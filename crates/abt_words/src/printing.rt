//! Printing part by part, on any writer.
ghost use Rattle.std.specs.Prelude.{◌≡◌, false, ◌<◌, ◌++◌};
ghost use Rattle.model_network.specs.Run.{ending_word};
ghost use Rattle.abt_engine.specs.Answers.{ending_of};
ghost use Rattle.model_base.specs.Decimal.{decimal, newline};
ghost use Rattle.support_cli.specs.Streams.{Puts};
ghost use Rattle.abt_words.specs.Printing.{state_of, hex_digit, hex_byte};

use crate::word_for;
use abt_engine::Ending;
use std::io::Write;
use std::rt::Stdout;
use support_buffer::append_number;
use support_buffer::cursor::Cursor;
use support_cli::Output;

/// An output, and whether a write to it has failed: nothing more is written there then. Each part
/// takes it by value and hands it on, so that a line reads as it is printed.
#[derive(Clone, Copy)]
pub struct Out<W> {
    writer: W,
    failed: bool,
}

// A digit of 16, in lower case.
#[tactic(auto, unfolding(crate::specs::Printing::hex_digit))]
fn hex_digit(k: u8) -> u8
    requires { k < 16 }
    ensures { result ≡ hex_digit k }
{
    if k < 10 { b'0' + k } else { b'a' - 10 + k }
}

impl<W: Write + Copy> Out<W> {
    /// Returns the output that this writer is, where nothing has failed.
    pub fn new(writer: W) -> Out<W>
        ensures holds { (state_of W.contents result).known ≡ W.contents writer }
        ensures good { (state_of W.contents result).failed ≡ false }
    {
        Out {
            writer,
            failed: false,
        }
    }

    /// Returns whether a write has failed.
    pub fn has_failed(self) -> bool
        ensures { result ≡ (state_of W.contents self).failed }
    {
        self.failed
    }

    /// Puts all of the bytes behind the others. Where a write fails, a beginning of them.
    pub fn put(self, bytes: &[u8]) -> Out<W>
        ensures { Puts bytes.now (state_of W.contents self) (state_of W.contents result) }
    {
        if self.failed {
            return self;
        }
        let mut output = Output::new(self.writer);
        output.put(bytes);
        let failed = output.has_failed();
        Out {
            writer: output.into_writer(),
            failed,
        }
    }

    /// Puts a number in decimal, without leading zeros.
    pub fn number(self, n: u64) -> Out<W>
        ensures { Puts (decimal n) (state_of W.contents self) (state_of W.contents result) }
    {
        let mut digits = [0u8; 20];
        let mut next = Cursor {
            buffer: &mut digits,
            at: 0,
        };
        append_number(&mut next, n);
        let count = next.at;
        self.put(&digits[..count])
    }

    /// Puts a line: what stands before a number, the number, and a newline.
    pub fn line(self, before: &[u8], n: u64) -> Out<W>
        ensures { Puts (before.now ++ (decimal n ++ newline)) (state_of W.contents self) (state_of W.contents result) }
    {
        self.put(before).number(n).put(b"\n")
    }

    /// Puts a blank, and a byte in two hexadecimal digits, in lower case.
    #[tactic(auto, unfolding(crate::specs::Printing::hex_byte))]
    pub fn byte(self, b: u8) -> Out<W>
        ensures { Puts (hex_byte b) (state_of W.contents self) (state_of W.contents result) }
    {
        self.put(&[b' ', hex_digit(b / 16), hex_digit(b % 16)])
    }

    /// Puts the word for how a run ended.
    pub fn ending(self, e: Ending) -> Out<W>
        ensures { Puts (ending_word (ending_of e)) (state_of W.contents self) (state_of W.contents result) }
    {
        self.put(word_for(e))
    }
}

/// Standard output.
pub type Screen = Out<Stdout>;
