// Agents with their values: the left sides of nogoods and Backs, and agent views.
ghost use Rattle.std.specs.Prelude.{◌≡◌, ◌++◌, OnOk};
ghost use Rattle.model_base.specs.Sets.{members};
ghost use Rattle.abt_packed.specs.Packed.{assignment};
ghost use Rattle.abt_agent.specs.Abstract.{assigned};
ghost use Rattle.abt_board_drawing.specs.Text.{of_each, scanner_of, pair, seen, left_side};

use crate::put_number;
use abt_agent::Assignment;
use abt_packed::{Entries, Members, digit};
use std::alloc::AllocError;

// An agent's number behind a blank.
#[tactic(auto, unfolding(crate::specs::Text::scanner_of))]
fn put_scanner(out: &mut Vec<u8>, k: u8) -> Result<(), AllocError>
    ensures { OnOk result (out.new.items ≡ out.old.items ++ scanner_of k) }
{
    out.extend_from_slice(b" ")?;
    put_number(out, u64::from(k))
}

#[tactic(auto, unfolding(crate::specs::Text::pair))]
fn put_pair(out: &mut Vec<u8>, k: u8, value: u8) -> Result<(), AllocError>
    ensures { OnOk result (out.new.items ≡ out.old.items ++ pair k value) }
{
    put_scanner(out, k)?;
    out.extend_from_slice(b"=")?;
    put_number(out, u64::from(value))
}

// Agent k that is listened to, with its value, `?` where it is unknown.
#[tactic(auto, unfolding(crate::specs::Text::seen, model_agent::specs::Message::known))]
fn put_seen(out: &mut Vec<u8>, k: u8, value: u8) -> Result<(), AllocError>
    ensures { OnOk result (out.new.items ≡ out.old.items ++ seen k value) }
{
    if value != 0 {
        return put_pair(out, k, value);
    }
    put_scanner(out, k)?;
    out.extend_from_slice(b"=?")
}

/// Appends the number of each agent of a set, behind a blank, upward. A set can name agents 1 to
/// 16. `AllocError` where memory runs out. Equals `of_each` with `scanner_of` of specs/Text.antt.
pub fn put_scanners(out: &mut Vec<u8>, set: u16) -> Result<(), AllocError>
    ensures { OnOk result (out.new.items ≡ out.old.items ++ of_each (members set) scanner_of) }
{
    for k in Members(set) {
        put_scanner(out, k)?;
    }
    Ok(())
}

/// Appends ` K=V` for each agent K of a set, upward, V its value in the view, or `?` where the view
/// has none. `AllocError` where memory runs out. Equals `of_each` with `seen` of specs/Text.antt.
pub fn put_sight(out: &mut Vec<u8>, set: u16, view: Assignment) -> Result<(), AllocError>
    ensures { OnOk result (out.new.items ≡ out.old.items ++ of_each (members set) (λ k. seen k (assigned view k))) }
{
    for k in Members(set) {
        put_seen(out, k, digit(view.digits, k))?;
    }
    Ok(())
}

/// Appends ` K=V` for each agent K that an assignment names, upward, V its value; ` nothing` where
/// it names none. `AllocError` where memory runs out. Equals `left_side` of specs/Text.antt.
pub fn put_left_side(out: &mut Vec<u8>, l: Assignment) -> Result<(), AllocError>
    ensures { OnOk result (out.new.items ≡ out.old.items ++ left_side (assigned l)) }
{
    if l.digits == 0 {
        return out.extend_from_slice(b" nothing");
    }
    for (k, value) in Entries(l.digits) {
        put_pair(out, k, value)?;
    }
    Ok(())
}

-- Task requirements --
Could the data above be returned exactly as it stands?

-- Answer area --
filename crates/abt_words/src/printing.rt
//! Printing part by part, on any writer.
ghost use Rattle.std.specs.Prelude.{◌≡◌, false, ◌<◌, ◌++◌};
ghost use Rattle.model_network.specs.Run.{ending_word};
ghost use Rattle.abt_engine.specs.Answers.{ending_of};
ghost use Rattle.model_base.specs.Decimal.{decimal, newline};
ghost use Rattle.support_cli.specs.Streams.{Puts};
ghost use Rattle.abt_words.specs.Printing.{state_of, hex_digit, hex_byte};

use crate::word_for;
use abt_engine::Ending;
use std::io::Write;
use std::rt::Stdout;
use support_buffer::append_number;
use support_buffer::cursor::Cursor;
use support_cli::Output;

/// An output, and whether a write to it has failed: nothing more is written there then. Each part
/// takes it by value and hands it on, so that a line reads as it is printed.
#[derive(Clone, Copy)]
pub struct Out<W> {
    writer: W,
    failed: bool,
}

// A digit of 16, in lower case.
#[tactic(auto, unfolding(crate::specs::Printing::hex_digit))]
fn hex_digit(k: u8) -> u8
    requires { k < 16 }
    ensures { result ≡ hex_digit k }
{
    if k < 10 { b'0' + k } else { b'a' - 10 + k }
}

impl<W: Write + Copy> Out<W> {
    /// Returns the output that this writer is, where nothing has failed.
    pub fn new(writer: W) -> Out<W>
        ensures holds { (state_of W.contents result).known ≡ W.contents writer }
        ensures good { (state_of W.contents result).failed ≡ false }
    {
        Out {
            writer,
            failed: false,
        }
    }

    /// Returns whether a write has failed.
    pub fn has_failed(self) -> bool
        ensures { result ≡ (state_of W.contents self).failed }
    {
        self.failed
    }

    /// Puts all of the bytes behind the others. Where a write fails, a beginning of them.
    pub fn put(self, bytes: &[u8]) -> Out<W>
        ensures { Puts bytes.now (state_of W.contents self) (state_of W.contents result) }
    {
        if self.failed {
            return self;
        }
        let mut output = Output::new(self.writer);
        output.put(bytes);
        let failed = output.has_failed();
        Out {
            writer: output.into_writer(),
            failed,
        }
    }

    /// Puts a number in decimal, without leading zeros.
    pub fn number(self, n: u64) -> Out<W>
        ensures { Puts (decimal n) (state_of W.contents self) (state_of W.contents result) }
    {
        let mut digits = [0u8; 20];
        let mut next = Cursor {
            buffer: &mut digits,
            at: 0,
        };
        append_number(&mut next, n);
        let count = next.at;
        self.put(&digits[..count])
    }

    /// Puts a line: what stands before a number, the number, and a newline.
    pub fn line(self, before: &[u8], n: u64) -> Out<W>
        ensures { Puts (before.now ++ (decimal n ++ newline)) (state_of W.contents self) (state_of W.contents result) }
    {
        self.put(before).number(n).put(b"\n")
    }

    /// Puts a blank, and a byte in two hexadecimal digits, in lower case.
    #[tactic(auto, unfolding(crate::specs::Printing::hex_byte))]
    pub fn byte(self, b: u8) -> Out<W>
        ensures { Puts (hex_byte b) (state_of W.contents self) (state_of W.contents result) }
    {
        self.put(&[b' ', hex_digit(b / 16), hex_digit(b % 16)])
    }

    /// Puts the word for how a run ended.
    pub fn ending(self, e: Ending) -> Out<W>
        ensures { Puts (ending_word (ending_of e)) (state_of W.contents self) (state_of W.contents result) }
    {
        self.put(word_for(e))
    }
}

/// Standard output.
pub type Screen = Out<Stdout>;
// Agents with their values: the left sides of nogoods and Backs, and agent views.
ghost use Rattle.std.specs.Prelude.{◌≡◌, ◌++◌, OnOk};
ghost use Rattle.model_base.specs.Sets.{members};
ghost use Rattle.abt_packed.specs.Packed.{assignment};
ghost use Rattle.abt_agent.specs.Abstract.{assigned};
ghost use Rattle.abt_board_drawing.specs.Text.{of_each, scanner_of, pair, seen, left_side};

use crate::put_number;
use abt_agent::Assignment;
use abt_packed::{Entries, Members, digit};
use std::alloc::AllocError;

// An agent's number behind a blank.
#[tactic(auto, unfolding(crate::specs::Text::scanner_of))]
fn put_scanner(out: &mut Vec<u8>, k: u8) -> Result<(), AllocError>
    ensures { OnOk result (out.new.items ≡ out.old.items ++ scanner_of k) }
{
    out.extend_from_slice(b" ")?;
    put_number(out, u64::from(k))
}

#[tactic(auto, unfolding(crate::specs::Text::pair))]
fn put_pair(out: &mut Vec<u8>, k: u8, value: u8) -> Result<(), AllocError>
    ensures { OnOk result (out.new.items ≡ out.old.items ++ pair k value) }
{
    put_scanner(out, k)?;
    out.extend_from_slice(b"=")?;
    put_number(out, u64::from(value))
}

// Agent k that is listened to, with its value, `?` where it is unknown.
#[tactic(auto, unfolding(crate::specs::Text::seen, model_agent::specs::Message::known))]
fn put_seen(out: &mut Vec<u8>, k: u8, value: u8) -> Result<(), AllocError>
    ensures { OnOk result (out.new.items ≡ out.old.items ++ seen k value) }
{
    if value != 0 {
        return put_pair(out, k, value);
    }
    put_scanner(out, k)?;
    out.extend_from_slice(b"=?")
}

/// Appends the number of each agent of a set, behind a blank, upward. A set can name agents 1 to
/// 16. `AllocError` where memory runs out. Equals `of_each` with `scanner_of` of specs/Text.antt.
pub fn put_scanners(out: &mut Vec<u8>, set: u16) -> Result<(), AllocError>
    ensures { OnOk result (out.new.items ≡ out.old.items ++ of_each (members set) scanner_of) }
{
    for k in Members(set) {
        put_scanner(out, k)?;
    }
    Ok(())
}

/// Appends ` K=V` for each agent K of a set, upward, V its value in the view, or `?` where the view
/// has none. `AllocError` where memory runs out. Equals `of_each` with `seen` of specs/Text.antt.
pub fn put_sight(out: &mut Vec<u8>, set: u16, view: Assignment) -> Result<(), AllocError>
    ensures { OnOk result (out.new.items ≡ out.old.items ++ of_each (members set) (λ k. seen k (assigned view k))) }
{
    for k in Members(set) {
        put_seen(out, k, digit(view.digits, k))?;
    }
    Ok(())
}

/// Appends ` K=V` for each agent K that an assignment names, upward, V its value; ` nothing` where
/// it names none. `AllocError` where memory runs out. Equals `left_side` of specs/Text.antt.
pub fn put_left_side(out: &mut Vec<u8>, l: Assignment) -> Result<(), AllocError>
    ensures { OnOk result (out.new.items ≡ out.old.items ++ left_side (assigned l)) }
{
    if l.digits == 0 {
        return out.extend_from_slice(b" nothing");
    }
    for (k, value) in Entries(l.digits) {
        put_pair(out, k, value)?;
    }
    Ok(())
}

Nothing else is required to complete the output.